Researchers in New York City found that 60% of people who inject drugs experienced withdrawal symptoms after a hurricane due to the disruption of their usual drug supply. Similarly, methadone clinics in Texas were forced to close during the worst winter storm in nearly a century, causing difficulties for people receiving medication to treat opioid use disorder.

The emergency departments of hospitals have served as backup sites for people to get methadone, but accessing these facilities during extreme weather events can be challenging. Some emergency departments were reluctant to prescribe methadone during the storm, further complicating the situation.

The link between climate change and drug overdose deaths is becoming increasingly clear. Heatwaves and high temperatures increase overdose deaths because drug use, particularly opioids, impairs the body's ability to regulate heat and respond to heat stress. Extreme weather events also disrupt drug manufacturing and supply chains, indirectly affecting drug availability and possibly quality.

Certain vulnerable populations, such as people who use opioids or methamphetamine, are often excluded from public cooling centers, leaving them exposed to heat dangers that exacerbate overdose risk.
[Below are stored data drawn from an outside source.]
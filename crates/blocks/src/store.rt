//! The interface of a disk.
ghost use Rattle.std.specs.Prelude.{◌≡◌, ℕ, ◌+◌, ◌*◌, ◌/◌, ◌<◌, ◌≤◌, Bool, true, false, IsTrue, List, length, slice_get, IsOk, OnOk, OnErr};
ghost use Rattle.blocks.specs.Contents.{AreRead, blocks_of, overwritten, IsTorn};
ghost use Rattle.blocks.specs.declared.block.TheConstants.{BLOCK_BYTES};

use crate::{BLOCK_BYTES, Block, Range};
use std::fmt;

/// The failure of a disk in a call.
#[derive(Clone, Copy, Debug, PartialEq, Eq)]
pub struct StoreFault;

impl fmt::Display for StoreFault {
    fn fmt<W: fmt::Write>(&self, f: &mut fmt::Formatter<W>) -> fmt::Result {
        f.write_str("the disk failed")
    }
}

/// A node's disk: a sequence of blocks of 4,096 bytes. It keeps what was written, and only its own calls change it.
pub trait Store {
    /// What it holds, block by block.
    ghost contents: { Self → List (List ℕ) };

    /// How many of its calls have failed.
    ghost faults: { Self → ℕ };

    /// Whether it is known that its calls do not fail, and that each read gives what it holds.
    ghost steady: { Self → Bool } = { λ _. false };

    /// Whether each read so far gave what it held. It falls at a read that gave anything else, which no code can tell,
    /// and never rises.
    ghost faithful: { Self → Bool } = { λ _. true };

    /// Returns how many blocks it has.
    fn blocks(&self) -> u32
        ensures { result ≡ length (contents self.now) };

    /// Writes the bytes to the blocks of the range, and changes no other. A fault leaves each block of the range with
    /// its old bytes or its new ones. It takes no memory.
    fn write(&mut self, range: Range, bytes: &[u8]) -> Result<(), StoreFault>
        requires inside { range.first.0 + range.count ≤ length (contents self.old) }
        requires whole { length bytes.now ≡ BLOCK_BYTES * range.count }

        ensures written { OnOk result (contents self.new
            ≡ overwritten (contents self.old) range.first.0 (blocks_of BLOCK_BYTES bytes.now)) }
        ensures torn { OnErr result (IsTorn (contents self.old) range.first.0
            (blocks_of BLOCK_BYTES bytes.now) (contents self.new)) }
        ensures size { length (contents self.new) ≡ length (contents self.old) }

        // A steady disk does not fail, and stays steady.
        ensures works { steady self.old ≡ true → IsOk result }
        ensures still_steady { steady self.old ≡ true → steady self.new ≡ true }

        // It reads nothing.
        ensures still_faithful { faithful self.new ≡ faithful self.old }

        // Only a call that fails is counted.
        ensures uncounted { OnOk result (faults self.new ≡ faults self.old) }
        ensures counted { OnErr result (faults self.old < faults self.new) };

    /// Reads a block: what the disk holds there, if it is faithful afterwards. After a fault the buffer holds nothing of
    /// use. It changes no block, and takes no memory.
    fn read(&mut self, block: Block, buffer: &mut [u8]) -> Result<(), StoreFault>
        requires inside { block.0 < length (contents self.old) }
        requires whole { length buffer.old ≡ BLOCK_BYTES }

        ensures read { OnOk result (IsTrue (faithful self.new) → slice_get (contents self.old) block.0 ≡ Some buffer.new) }
        ensures falls { IsTrue (faithful self.new) → IsTrue (faithful self.old) }
        ensures same { contents self.new ≡ contents self.old }

        ensures works { steady self.old ≡ true → IsOk result }
        ensures still_steady { steady self.old ≡ true → steady self.new ≡ true }
        ensures sure { steady self.old ≡ true → faithful self.new ≡ faithful self.old }

        ensures uncounted { OnOk result (faults self.new ≡ faults self.old) }
        ensures counted { OnErr result (faults self.old < faults self.new) };

    /// Reads as many blocks as the buffer holds, from block `first` on, as `read` reads each of them. A disk that can read
    /// many blocks in one call does so here.
    fn read_blocks(&mut self, first: Block, buffer: &mut [u8]) -> Result<(), StoreFault>
        requires inside { first.0 + length buffer.old / BLOCK_BYTES ≤ length (contents self.old) }
        requires whole { BLOCK_BYTES * (length buffer.old / BLOCK_BYTES) ≡ length buffer.old }

        ensures read { OnOk result (IsTrue (faithful self.new) → AreRead (contents self.old) first.0 buffer.new (length buffer.old / BLOCK_BYTES)) }
        ensures falls { IsTrue (faithful self.new) → IsTrue (faithful self.old) }
        ensures same { contents self.new ≡ contents self.old }

        ensures works { steady self.old ≡ true → IsOk result }
        ensures still_steady { steady self.old ≡ true → steady self.new ≡ true }
        ensures sure { steady self.old ≡ true → faithful self.new ≡ faithful self.old }

        ensures uncounted { OnOk result (faults self.new ≡ faults self.old) }
        ensures counted { OnErr result (faults self.old < faults self.new) }
    {
        // Every block of the disk has a number below 2^32.
        let _blocks = self.blocks();
        for offset in 0..buffer.len() / BLOCK_BYTES {
            let at = offset * BLOCK_BYTES;
            let block = Block(first.0 + offset as u64);
            self.read(block, &mut buffer[at..at + BLOCK_BYTES])?;
        }
        Ok(())
    }
}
Chronic air pollution related to climate change, such as elevated ozone levels, is linked to increased respiratory mortality, which may contribute to overall worsened health outcomes for people with substance use disorders.
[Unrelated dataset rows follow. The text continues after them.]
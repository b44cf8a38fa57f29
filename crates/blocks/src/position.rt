//! Positions of items in the streams of connections.
ghost use Rattle.std.specs.Prelude.{◌≡◌, ◌<◌, ◌-◌};
ghost use Rattle.blocks.specs.Positions.{connection_of};

use std::marker::Model;

/// The position of an item: its connection, and its place in the connection's stream.
#[derive(Clone, Copy, Debug, PartialEq, Eq)]
pub struct StreamPosition {
    connection: u32,
    place: u32,
}

impl Model for StreamPosition {
    ghost use Rattle.std.specs.Prelude.{suc, ◌<◌, ◌-◌};
    ghost use Rattle.blocks.specs.Positions.{StreamPosition as Position};

    ghost Value = { Position };

    ghost view = { λ p. record { index = p.connection - 1; place = p.place } };

    ghost invariant = { λ p. 0 < p.connection };

    ghost inverse = { λ p. record { connection = suc p.index; place = p.place } };
}

impl StreamPosition {
    /// Returns the position at this place in the stream of the connection with this number, which is counted from 1.
    pub fn new(connection: u32, place: u32) -> StreamPosition
        requires counted { 0 < connection }
        ensures { result ≡ record { index = connection - 1; place = place } }
    {
        StreamPosition { connection, place }
    }

    /// Returns the connection's number, counted from 1.
    pub fn connection(self) -> u32
        ensures { result ≡ connection_of self }
    {
        self.connection
    }

    /// Returns the place in the connection's stream, counted from 0.
    pub fn place(self) -> u32
        ensures { result ≡ self.place }
    {
        self.place
    }
}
These environmental stressors heighten physiological vulnerability to overdose and complicate harm reduction efforts for people who use drugs during extreme weather events worsened by climate change. However, detailed nationwide epidemiological data on how climate change quantitatively changes overdose rates is not yet available.

Harm reductionists advocate for solutions such as opening safe consumption sites, pushing for a safe, regulated supply of drugs, expanding access to methadone and buprenorphine, and pushing for decriminalization, regulation, and legalization of substances. It is crucial to address these issues to reduce the impact of climate change on drug overdose deaths in the United States.

Sharing needles and drug equipment can lead to an increase in infectious diseases like HIV. Providers who prescribe drugs like methadone and buprenorphine are often subject to cumbersome regulations, making it difficult to get people their medication, especially during a climate-induced emergency. Similar barriers were reported by health providers in New York City in the aftermath of Hurricane Sandy and by providers who were dealing with new patients who had been evacuated from New Orleans in the aftermath of Katrina.

In conclusion, climate change is exacerbating environmental factors that increase the risk of drug overdose deaths in the United States. It is essential to address these issues by implementing harm reduction strategies and improving access to medication and resources for people struggling with substance use disorders. The overall goals of ending the drug war and addressing climate change require a similar expansive imagination and are often met with derision from status quo politicians.